The real skill is making sure we don’t go too far over in one direction for too long, and damage our relationship.

This first part of the two-part post looks at the importance of spending time apart. Part 2 will look at the importance of spending time together. (Read Part 2 here)

(The following extract is taken from page 144-145 of The Dating Dilemma book, read the introduction for free here)

Spend Time Apart

‘Don’t smother each other. No one can grow in the shade’. (Leo Buscaglia)

The first part of this guideline is about spending time away from each other, but spending time apart and being distant in your relationship are not the same thing. Being distant is holding out on someone, which can lead to loneliness, even when you’re together.

It will help you keep a realistic perspective on your relationship

Spending time apart is about maintaining a holistic lifestyle and developing all areas of your life, socially, spiritually and emotionally. It’s about living widely and having more of a life to share. (Read Marriage Isn’t Really About ‘Us’)

It will help you keep a realistic perspective on your relationship. Remember you had a life full of significant friendships before you met this person!

Investing In Other People

You need to value your friends, even when you’re dating. It’s so easy to make our friends feel as if they take second place when we respond to invitations with: ‘I just need to check what (insert name of significant other) is doing first; then I’ll get back to you.’

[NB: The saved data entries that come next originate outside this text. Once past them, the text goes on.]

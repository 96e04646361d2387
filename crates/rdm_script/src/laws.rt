//! What is known of every job.
ghost use Rattle.rdm_script.specs.Laws.{FormedAreFair, ReadAreFair, ReadArePlayed};

/// A job of a well formed script is fair. So is a job that comes of a script, and it is played.
pub fn read_jobs()
    ensures formed { FormedAreFair }
    ensures fair { ReadAreFair }
    ensures played { ReadArePlayed }
{}
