//! The choices.
ghost use Rattle.std.specs.Prelude.{◌≡◌, map, length};
ghost use Rattle.serde_json.specs.View.{view};
ghost use Rattle.rdm_json.specs.Results.{GivesAs};
ghost use Rattle.rdm_script.specs.Choices.{as_rank, eager_choice, picking_choice, choice_in, choice_of, choices_of};

use crate::{Place, Reason, ScriptRefused};
use rdm_json::{array_of, number_of, placed, text_of};
use rdm_model::{Choice, Choices};
use serde_json::Value;
use std::alloc::Global;

/// The rank is one of so many.
fn as_rank(ports: u32, rank: u64) -> Result<u32, Reason>
    ensures { result ≡ as_rank ports rank }
{
    if rank < u64::from(ports) {
        Ok(rank as u32)
    } else {
        Err(Reason::NoRank)
    }
}

/// A choice of a rank alone.
fn eager_choice(ports: u32, word: &str, rank: u64) -> Result<Choice, Reason>
    ensures { result ≡ eager_choice ports word.now rank }
{
    match word {
        "next" => Ok(Choice::Next(as_rank(ports, rank)?)),
        "push" => Ok(Choice::Push(as_rank(ports, rank)?)),
        "poll" => Ok(Choice::Poll(as_rank(ports, rank)?)),
        _ => Err(Reason::Shape),
    }
}

/// A choice of a rank and of a place in its stash.
fn picking_choice(ports: u32, word: &str, rank: u64, pick: u64) -> Result<Choice, Reason>
    ensures { result ≡ picking_choice ports word.now rank pick }
{
    match word {
        "handle" => Ok(Choice::Handle(as_rank(ports, rank)?, pick)),
        _ => Err(Reason::Shape),
    }
}

/// The choice that the elements of an array say.
fn choice_in(ports: u32, values: &[Value]) -> Result<Choice, Reason>
    ensures { result ≡ choice_in ports (map view values.now) }
{
    match values {
        [word, rank] => eager_choice(ports, text_of(word)?, number_of(rank)?),
        [word, rank, pick] => {
            picking_choice(ports, text_of(word)?, number_of(rank)?, number_of(pick)?)
        }
        _ => Err(Reason::Shape),
    }
}

/// A choice, whose rank is one of so many.
fn choice_of(ports: u32, value: &Value) -> Result<Choice, Reason>
    ensures { result ≡ choice_of ports (view value.now) }
{
    choice_in(ports, array_of(value)?)
}

/// The choices, one after the other.
pub fn choices_of(alloc: Global, ports: u32, values: &[Value]) -> Result<Vec<Choice>, ScriptRefused>
    ensures { GivesAs (λ v. v.items) result (choices_of 0 ports (map view values.now)) }
{
    let mut choices = Vec::new(alloc);
    for value in values {
        let place = Place::Choice(choices.len() as u64);
        choices.push(placed(place, choice_of(ports, value))?)?;
    }
    Ok(choices)
}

You are aiming for interdependence

Instead of codependence, where you function like each other’s life support (what a mood killer), you are aiming for interdependence, where you each love what the other brings to the relationship. So keep investing in your hobbies, church life and other interests that made you date stronger. Giving each other the freedom to develop is a mark of selflessness.

Jason and Rachel

When Jason and [Rachel] were dating, Jason started a band that gigged in London pubs. Sometimes late-night rehearsals meant that [Rachel]  didn’t get to see him as much as [she] would have liked. But knowing that [her] support encouraged him to explore his dreams was great, not just for him, but for [Rachel] too. It was amazing to see how [her] love for him helped him to grow in confidence.

We Can All Invest

If you are single, you can be choosing this, and if you’re dating, you need to be keeping an eye on this. Even in marriage, it is important to have a wide group of friends who will support you and spur you on.

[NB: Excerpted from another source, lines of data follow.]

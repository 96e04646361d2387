//! The program of a rank while it is read.
ghost use Rattle.std.specs.Prelude.{◌≡◌, ◌∷◌, [], length, map, reverse, OnOk};
ghost use Rattle.rdm_script.specs.Programs.{lives_tested};

use crate::Reason;
use crate::draft::Draft;
use rdm_num::NoMemory;
use std::alloc::Global;
use std::collections::BTreeSet;
use std::marker::Model;

/// The instructions of a rank so far, seen from the newest to the oldest, and the lives that they
/// opened and closed.
#[derive(Drop)]
pub struct Program<'v> {
    drafts: Vec<Draft<'v>>,
    is_open: bool,
    opened: BTreeSet<u32>,
}

impl<'v> Model for Program<'v> {
    ghost use Rattle.std.specs.Prelude.{List, map, reverse};
    ghost use Rattle.rdm_model.specs.declared.job.Instr.{Instr};
    ghost use Rattle.rdm_script.specs.Drafts.{made, KeepsLives};

    ghost Value = { List Instr };

    ghost view = { λ p. reverse (map made p.drafts.items) };

    ghost invariant = { λ p. KeepsLives (reverse (map made p.drafts.items)) p.is_open p.opened.keys };
}

impl<'v> Program<'v> {
    ghost use Rattle.rdm_script.specs.Drafts.{made};

    pub fn new(alloc: Global) -> Program<'v>
        ensures { result ≡ [] }
    {
        Program {
            drafts: Vec::new(alloc),
            is_open: false,
            opened: BTreeSet::new(alloc),
        }
    }

    pub fn len(&self) -> usize
        ensures { result ≡ length self.now }
    {
        self.drafts.len()
    }

    /// An open comes where no life is open and with an identifier that was not opened before, and
    /// what needs a life comes where one is open.
    pub fn lives_tested(&self, draft: &Draft<'v>) -> Result<(), Reason>
        ensures { result ≡ lives_tested self.now (made draft.now) }
    {
        match draft.opened() {
            Some(connid) => {
                if self.is_open {
                    Err(Reason::OpenTwice)
                } else if self.opened.contains(&connid) {
                    Err(Reason::RepeatConnid)
                } else {
                    Ok(())
                }
            }
            None => {
                if self.is_open {
                    Ok(())
                } else if draft.needs_life() {
                    Err(Reason::NoLife)
                } else {
                    Ok(())
                }
            }
        }
    }

    /// Adds the next instruction.
    pub fn push(&mut self, draft: Draft<'v>) -> Result<(), NoMemory>
        ensures { OnOk result (self.new ≡ made draft.entry ∷ self.old) }
    {
        self.drafts.reserve(1)?;
        if let Some(connid) = draft.opened() {
            self.opened.insert(connid)?;
        }
        self.is_open = draft.is_open_after(self.is_open);
        self.drafts.push_reserved(draft);
        Ok(())
    }

    /// The instructions in order.
    pub fn into_drafts(self) -> Vec<Draft<'v>>
        ensures { map made result.items ≡ reverse self.entry }
    {
        self.drafts
    }
}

We will always need wider friendships, pursuits, and passions to enrich our lives in the way God intended. But it won’t just happen; we need to find ways to maintain the balance, no matter what situations we find ourselves in. The idea that we don’t need anyone is a crazy one, and certainly not biblical (see Hebrews 10:24–25).

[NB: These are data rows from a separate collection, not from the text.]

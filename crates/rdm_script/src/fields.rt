//! The keys of the outermost object.
ghost use Rattle.std.specs.Prelude.{◌≡◌, ◌≤◌, IfOk, length, map, option_map};
ghost use Rattle.serde_json.specs.View.{view};
ghost use Rattle.rdm_json.specs.Results.{result_map};
ghost use Rattle.rdm_script.specs.Fields.{version_said, as_version, version_of, number_in, pool_size, number_field, protocol_of, pools_known, pools_of, counted, ranks_field, choices_in, choices_field};

use crate::{BadScript, FieldName, Place, Reason};
use rdm_json::{Form, array_of, found_at, known, number, number_or, placed, present};
use serde_json::Value;

/// The version of a script.
#[derive(Clone, Copy, Debug, PartialEq, Eq)]
pub enum Version {
    One,
    Two,
}

/// The numbers of a script that are no pools.
#[derive(Clone, Copy, Debug, PartialEq, Eq)]
pub struct Protocol {
    pub mtu: u32,
    pub medium: u64,
    pub read_limit: u64,
    pub runt: u64,
    pub credits: u32,
    pub first: u32,
    pub clock: u64,
}

/// The sizes of the pools, and how many datagrams wait for a port at most.
#[derive(Clone, Copy, Debug, PartialEq, Eq)]
pub struct PoolSizes {
    pub tx: u32,
    pub rx: u32,
    pub early: u32,
    pub cq: u32,
    pub inbox: u32,
}

/// The version that an object with the keys of a script says.
fn version_said(script: &Value) -> Result<u64, Reason>
    ensures { result ≡ version_said (view script.now) }
{
    known(Form::Script, script)?;
    present(script, "ranks")?;
    number(script, "version")
}

/// The versions are 1 and 2.
fn as_version(n: u64) -> Result<Version, Reason>
    ensures { result ≡ as_version n }
{
    match n {
        1 => Ok(Version::One),
        2 => Ok(Version::Two),
        _ => Err(Reason::Version),
    }
}

/// The version of a script.
pub fn version_of(script: &Value) -> Result<Version, BadScript>
    ensures { result ≡ version_of (view script.now) }
{
    let said = placed(Place::Whole, version_said(script))?;
    placed(Place::Field(FieldName::Version), as_version(said))
}

/// A number from least to greatest, which has a default.
#[tactic(auto, unfolding(rdm_model::specs::Jobs::is_within))]
fn number_in(least: u64, greatest: u64, default: u64, found: Option<&Value>) -> Result<u64, Reason>
    ensures value { result ≡ number_in least greatest default (option_map (λ v. view v.now) found.entry) }
    ensures below { IfOk result (λ n. n ≤ greatest) }
{
    let n = number_or(default, found)?;
    if least <= n && n <= greatest {
        Ok(n)
    } else {
        Err(Reason::Limit)
    }
}

/// The number of a field.
fn number_field(
    name: FieldName,
    least: u64,
    greatest: u64,
    default: u64,
    found: Option<&Value>,
) -> Result<u64, BadScript>
    ensures value { result ≡ number_field name least greatest default (option_map (λ v. view v.now) found.entry) }
    ensures below { IfOk result (λ n. n ≤ greatest) }
{
    placed(
        Place::Field(name),
        number_in(least, greatest, default, found),
    )
}

/// The number of a field that has 32 bits.
#[tactic(auto, unfolding(rdm_model::specs::Jobs::is_within))]
fn field_32(
    name: FieldName,
    least: u64,
    greatest: u32,
    default: u64,
    found: Option<&Value>,
) -> Result<u32, BadScript>
    ensures { result ≡ number_field name least greatest default (option_map (λ v. view v.now) found.entry) }
{
    let n = number_field(name, least, u64::from(greatest), default, found)?;
    Ok(n as u32)
}

/// The size of a pool, which has a default.
#[tactic(auto, unfolding(rdm_model::specs::Jobs::is_within))]
pub fn pool_size(default: u32, found: Option<&Value>) -> Result<u32, Reason>
    ensures { result ≡ pool_size default (option_map (λ v. view v.now) found.entry) }
{
    let size = number_in(1, 65_536, u64::from(default), found)?;
    Ok(size as u32)
}

/// The numbers that are no pools.
pub fn protocol_of(script: &Value) -> Result<Protocol, BadScript>
    ensures { result ≡ protocol_of (view script.now) }
{
    let mtu = field_32(FieldName::Mtu, 256, 8_192, 8_192, script.get("mtu"))?;
    let medium = number_field(
        FieldName::Medium,
        0,
        4_294_967_295,
        65_536,
        script.get("medium"),
    )?;
    let read_limit = number_field(
        FieldName::Read,
        1,
        4_294_967_295,
        1_048_576,
        script.get("read"),
    )?;
    let runt = number_field(FieldName::Runt, 0, 4_294_967_295, 0, script.get("runt"))?;
    let credits = field_32(FieldName::Credits, 1, 65_535, 32, script.get("credits"))?;
    let first = field_32(FieldName::First, 0, 4_294_967_295, 0, script.get("first"))?;
    let clock = number_field(
        FieldName::Clock,
        0,
        9_223_372_036_854_775_807,
        0,
        script.get("clock"),
    )?;
    Ok(Protocol {
        mtu,
        medium,
        read_limit,
        runt,
        credits,
        first,
        clock,
    })
}

/// Pools that may be absent are an object with the keys of pools.
fn pools_known(pools: Option<&Value>) -> Result<(), Reason>
    ensures { result ≡ pools_known (option_map (λ v. view v.now) pools.entry) }
{
    match pools {
        Some(pools) => known(Form::Pools, pools),
        None => Ok(()),
    }
}

/// The size of a pool.
fn pool(name: FieldName, default: u64, found: Option<&Value>) -> Result<u32, BadScript>
    ensures { result ≡ number_field name 1 65536 default (option_map (λ v. view v.now) found.entry) }
{
    field_32(name, 1, 65_536, default, found)
}

/// The sizes of the pools.
pub fn pools_of(pools: Option<&Value>) -> Result<PoolSizes, BadScript>
    ensures { result ≡ pools_of (option_map (λ v. view v.now) pools.entry) }
{
    placed(Place::Field(FieldName::Pools), pools_known(pools))?;
    let tx = pool(FieldName::PoolTx, 64, found_at(pools, "tx"))?;
    let rx = pool(FieldName::PoolRx, 64, found_at(pools, "rx"))?;
    let early = pool(FieldName::PoolEarly, 64, found_at(pools, "early"))?;
    let cq = pool(FieldName::PoolCq, 128, found_at(pools, "cq"))?;
    let inbox = pool(FieldName::PoolInbox, 256, found_at(pools, "inbox"))?;
    Ok(PoolSizes {
        tx,
        rx,
        early,
        cq,
        inbox,
    })
}

/// An array of least to greatest elements.
#[tactic(auto, unfolding(rdm_model::specs::Jobs::is_within))]
fn counted(least: usize, greatest: usize, value: &Value) -> Result<&[Value], Reason>
    ensures values { result_map (λ s. map view s.now) result ≡ counted least greatest (view value.now) }
    ensures few { IfOk result (λ s. length s.now ≤ greatest) }
{
    let values = array_of(value)?;
    if least <= values.len() && values.len() <= greatest {
        Ok(values)
    } else {
        Err(Reason::Limit)
    }
}

/// The ranks as values: 1 to 16.
pub fn ranks_field(script: &Value) -> Result<&[Value], BadScript>
    ensures values { result_map (λ s. map view s.now) result ≡ ranks_field (view script.now) }
    ensures few { IfOk result (λ s. length s.now ≤ 16) }
{
    let place = Place::Field(FieldName::Ranks);
    let ranks = placed(place, present(script, "ranks"))?;
    placed(place, counted(1, 16, ranks))
}

/// The choices as values: at most a million.
fn choices_in(found: Option<&Value>) -> Result<&[Value], Reason>
    ensures { result_map (λ s. map view s.now) result ≡ choices_in (option_map (λ v. view v.now) found.entry) }
{
    match found {
        Some(value) => counted(0, 1_000_000, value),
        None => Ok(&[]),
    }
}

/// The choices as values: none where they are absent.
pub fn choices_field(script: &Value) -> Result<&[Value], BadScript>
    ensures { result_map (λ s. map view s.now) result ≡ choices_field (view script.now) }
{
    placed(
        Place::Field(FieldName::Choices),
        choices_in(script.get("choices")),
    )
}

The idea that we need only one person (husband or wife) to complete us is also nonsense, and not found anywhere in Scripture. (Read ‘The One’ Myth Robs Us Of A Great Relationship)

(Read the introduction of The Dating Dilemma book for free here or buy the book here.)

Imagine if…

Wider friends, family, and interests not only enrich our lives, but will also make our romantic relationship stronger

We had romantic relationships that were mutually fulfilling, enjoyable and healthy. But we reminded each other that no one person can be the source of all our joy and fulfilment, even thought investing in the relationship is also important (Read Part 2 here).

Wider friends, family, and interests not only enrich our lives, but will also make our romantic relationship stronger. They will be stronger because joy and happiness in one area effects every area. And it will take the pressure off one person who must make us happy.

In our current romantic relationship, (or even if we aren’t in one) what’s the one thing we can do to build a friendship or wider interest this week?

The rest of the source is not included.